The thing about being in pain every day is that people expect you to get used to it.

You never get used to it.

It’s been exactly one year since I woke up with a pain on my right side. It was Super Bowl Sunday, and I thought it was strange, but I went about my day. The following morning, instead of going to work, I made a u-turn and headed to the closest ER.

As a card-carrying member of Blue Cross, Blue Shield, I was given the $20,000-overnight stay, complete with a quick camera down my throat procedure, and a CT scan with IV dye that made me vomit right there on the CT bed. Is that even what it’s called? A CT bed? Whatever it was, I threw up right there on it, and then slid right back under the CT camera so that they could take some pictures, charge me and Blue Cross thousands of dollars and then tell me nothing was wrong.

Nothing at all.

Well, the camera in my throat did show a small ulcer in my intestines. That was probably it. That was probably what was causing the horrific pain. I was sent on my way with prescription strength antacid, and strict instructions not to eat tomatoes for three months.

A few weeks went by and I still felt like I was dying every day, so I went back to see the doctor. She told me to just “calm down.” Suggested I was just “stressing myself out.”

Two days later, I was right there, about to fall off the cliff into the valley of suicidal thoughts, where I would eventually swim around like it was a hot tub for about eight months. But, I hadn’t fallen in yet, and I was hoping that maybe I could still get back on solid ground, so I went to see another doctor.

He was too scared to give me anything to actually help the situation because: druggies.

So he sent me to a pain specialist, who I couldn’t see for three days. By the time I met the guy I was already thinking about slitting my wrists to escape the pain that had started to consume my life.

He told me I probably had a magical form of shingles — the kind of shingles without any other signs or any sort of rash. He gave me drugs that didn’t help, and sent me on my way.

I cried myself to sleep. Every day. I started missing one day of work a week. Then two. Then two and a half. Then three. Then suddenly I was trying to get only the very bare minimum done every day.

Then, I went to immediate care.

The doctor handed me a steroid pack without even telling me it was a steroid pack. She also gave me some hydrocodone. Weak hydrocodone. Weak enough that it would take me another two months to figure out that I needed about four of those pills to get any sort of relief for four hours. But at least she was trying.

I cut out everything in my life that wasn’t absolutely necessary.

Showers became an every other day, or every third day thing. If my boyfriend wanted to see me, he had to hang out in my living room. My part-time job as a youth leader went from a 40-hour-a-week, love affair with my passion to four hours a week and playing games during every youth group meeting.

When I had to do things, I took all the hydrocodone I could get my hands on to get through it.
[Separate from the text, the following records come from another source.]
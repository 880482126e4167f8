//! The reader of a script: from octets to its phases, or to the number of the first line that isn't in the grammar.
#![tactic(auto)]

pub mod commands;
mod fields;
pub mod laws;
pub mod lines;
mod lookups;
mod numbers;
pub mod phases;
mod pres;
pub mod scripts;
mod sets;
pub mod texts;
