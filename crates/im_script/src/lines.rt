ghost use Rattle.std.specs.Prelude.{IfOk};
ghost use Rattle.im_text.specs.Finds.{Finds};
ghost use Rattle.im_script.specs.Script.{IsCommand, IsScriptLine};
ghost use Rattle.im_script.specs.Arguments.{IsSet, IsDelete, IsGet, IsScanCommand, IsHistoryCommand, IsHeaderCommand, IsState, IsProve, IsAdvance, IsItemCommand, IsLink, IsSql};

use crate::commands::{Command, Line};
use crate::fields::first_field;
use crate::lookups::read_lookup;
use crate::numbers::{read_at, read_index, read_numbers};
use crate::sets::read_asked;
use crate::texts::read_text;
use im_draft::drafts::{Attrs, Draft, Drafts};
use im_draft::preconditions::Pres;
use im_octet::octets::Octets;
use im_text::cuts::{after, cut};
use im_text::numbers::read_number;
use im_text::octets::read_octets;
use im_text::words::is_session;
use std::alloc::{AllocError, Global};

// The attributes of an entry that deletes its key.
const DELETED: Attrs = Attrs {
    deleted: true,
    non_indexable: false,
};

// What stands behind `set`.
fn read_set(alloc: Global, text: &[u8]) -> Result<Option<Command>, AllocError>
    ensures { IfOk result (λ command. Finds command (IsSet text.now)) }
{
    let Some((pres, drafts)) = read_asked(alloc, text)? else {
        return Ok(None);
    };
    Ok(Some(Command::Set { pres, drafts }))
}

// What stands behind `del `: the key that the one entry deletes.
fn read_delete(alloc: Global, text: &[u8]) -> Result<Option<Command>, AllocError>
    ensures { IfOk result (λ command. Finds command (IsDelete text.now)) }
{
    let Some(key) = read_octets(alloc, text)? else {
        return Ok(None);
    };
    let draft = Draft {
        attrs: DELETED,
        key,
        value: Octets::new(alloc),
    };
    let pres = Pres::from_vec(Vec::new(alloc));
    let drafts = Drafts::from_vec(vec![in alloc; draft]?);
    Ok(Some(Command::Set { pres, drafts }))
}

// What stands behind `get `.
fn read_get(alloc: Global, text: &[u8]) -> Result<Option<Command>, AllocError>
    ensures { IfOk result (λ command. Finds command (IsGet text.now)) }
{
    let Some((key, at)) = read_lookup(alloc, text)? else {
        return Ok(None);
    };
    Ok(Some(Command::Get { key, at }))
}

// What stands behind `scan `.
fn read_scan(alloc: Global, text: &[u8]) -> Result<Option<Command>, AllocError>
    ensures { IfOk result (λ command. Finds command (IsScanCommand text.now)) }
{
    let Some((prefix, at)) = read_lookup(alloc, text)? else {
        return Ok(None);
    };
    Ok(Some(Command::Scan { prefix, at }))
}

// What stands behind `history `.
fn read_history(alloc: Global, text: &[u8]) -> Result<Option<Command>, AllocError>
    ensures { IfOk result (λ command. Finds command (IsHistoryCommand text.now)) }
{
    let Some(key) = read_octets(alloc, text)? else {
        return Ok(None);
    };
    Ok(Some(Command::History { key }))
}

// What stands behind `header `.
fn read_header(text: &[u8]) -> Option<Command>
    ensures { Finds result (IsHeaderCommand text.now) }
{
    let number = read_number(text)?;
    Some(Command::Header { number })
}

// What stands behind `state`: nothing.
fn read_state(text: &[u8]) -> Option<Command>
    ensures { Finds result (IsState text.now) }
{
    if !text.is_empty() {
        return None;
    }
    Some(Command::State)
}

// What stands behind `prove `.
fn read_prove(text: &[u8]) -> Option<Command>
    ensures { Finds result (IsProve text.now) }
{
    let (source, target) = read_numbers(text)?;
    Some(Command::Prove { source, target })
}

// What stands behind `advance `.
fn read_advance(text: &[u8]) -> Option<Command>
    ensures { Finds result (IsAdvance text.now) }
{
    let (source, target) = read_numbers(text)?;
    Some(Command::Advance { source, target })
}

// What stands behind `item `.
fn read_item(text: &[u8]) -> Option<Command>
    ensures { Finds result (IsItemCommand text.now) }
{
    let (first, tail) = cut(text, b' ')?;
    let (second, mark) = first_field(tail);
    let number = read_number(first)?;
    let index = read_index(second)?;
    let under = read_at(mark)?;
    Some(Command::Item {
        number,
        index,
        under,
    })
}

// What stands behind `link `.
fn read_link(text: &[u8]) -> Option<Command>
    ensures { Finds result (IsLink text.now) }
{
    let count = read_number(text)?;
    Some(Command::Link { count })
}

// What stands behind `sql `.
fn read_sql(alloc: Global, text: &[u8]) -> Result<Option<Command>, AllocError>
    ensures { IfOk result (λ command. Finds command (IsSql text.now)) }
{
    let Some(text) = read_text(alloc, text)? else {
        return Ok(None);
    };
    Ok(Some(Command::Sql { text }))
}

// What stands behind a session's name.
fn read_command(alloc: Global, text: &[u8]) -> Result<Option<Command>, AllocError>
    ensures { IfOk result (λ command. Finds command (IsCommand text.now)) }
{
    if let Some(rest) = after(text, b"set") {
        return read_set(alloc, rest);
    }
    if let Some(rest) = after(text, b"del ") {
        return read_delete(alloc, rest);
    }
    if let Some(rest) = after(text, b"get ") {
        return read_get(alloc, rest);
    }
    if let Some(rest) = after(text, b"scan ") {
        return read_scan(alloc, rest);
    }
    if let Some(rest) = after(text, b"history ") {
        return read_history(alloc, rest);
    }
    if let Some(rest) = after(text, b"header ") {
        return Ok(read_header(rest));
    }
    if let Some(rest) = after(text, b"state") {
        return Ok(read_state(rest));
    }
    if let Some(rest) = after(text, b"prove ") {
        return Ok(read_prove(rest));
    }
    if let Some(rest) = after(text, b"advance ") {
        return Ok(read_advance(rest));
    }
    if let Some(rest) = after(text, b"item ") {
        return Ok(read_item(rest));
    }
    if let Some(rest) = after(text, b"link ") {
        return Ok(read_link(rest));
    }
    match after(text, b"sql ") {
        Some(rest) => read_sql(alloc, rest),
        None => Ok(None),
    }
}

/// The line that a text says, without its LF, or `None` where it says none. Only memory fails.
pub fn read_line(alloc: Global, text: &[u8]) -> Result<Option<Line>, AllocError>
    ensures { IfOk result (λ line. Finds line (IsScriptLine text.now)) }
{
    let Some((session, tail)) = cut(text, b':') else {
        return Ok(None);
    };
    if !is_session(session) {
        return Ok(None);
    }
    let Some(rest) = after(tail, b" ") else {
        return Ok(None);
    };
    let Some(command) = read_command(alloc, rest)? else {
        return Ok(None);
    };
    let session = Octets::from_slice(alloc, session)?;
    Ok(Some(Line { session, command }))
}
Sometimes that meant driving when I shouldn’t have been driving. Many times that meant working when I shouldn’t have been working.

When I did get myself to the office, I would spend half the time laying on the floor in sheer agony. I would cry. I would wonder how I was going to get through the next five minutes, much less the next five hours.

Then, on the way home, I would fantasize about driving my car into a semi-truck the way most people fantasize about going to Hawaii.

I begged my mom to come visit every single weekend. I couldn’t do my laundry, I couldn’t do my dishes. I thought about killing myself every night. I laid on the floor in my dining room, stared at a bottle of Drano in the bathroom and thought about drinking it.

I lost hope. A little more, each day, gone. I started seeing a psychiatrist.

I told the church I’d take the youth group on a mission trip to Alabama, but after that I had to step down. I had to move in with my mom. I joked about how much hydrocodone I needed to get through the mission trip, hoping that maybe someone would understand how difficult being alive was for me right then. Some people laughed, most looked at me in horror and then went about their day.

I made a work-from-home agreement with my boss at my full-time job so that I could go live with my mom — two hours away in a town that only recently got a McDonald’s.

The night before the move, I went to the ER. The pain was horrible. They gave me a really great drug, which was super, until it wore off. Then, somehow, the pain came back even worse. A few months later, the pain was just as bad, just as gut wrenching, so I requested the same drug. The second time though, I had some crazy reaction, and instead of a few hours of peace I threw up. All night. Over, and over and over again. Until I was throwing up air.

I finally, officially, wondered how the hell God could do this to me. To anyone.

I joined pain groups online. People would write things like, “Well, I’m just happy to be alive.”  Really? Why?

They would say, “Well I’m I’ve been dealing with horrific pain everyday all day for years, but on the bright side it could always be worse!” Umm, how exactly could it be worse? Your whole family could be dead? Well, yes, that would be worse. But other than that, there’s not much worse than a life spent dealing with chronic pain.

I would think of Jesus, enduring His trip to the cross. Enduring all that pain. And I’m only a little ashamed to admit that I was jealous that his pain ended after just a few hours.

Oh, to have an ending.

But I don’t have one yet. I’m still stuck. In this horrible pain.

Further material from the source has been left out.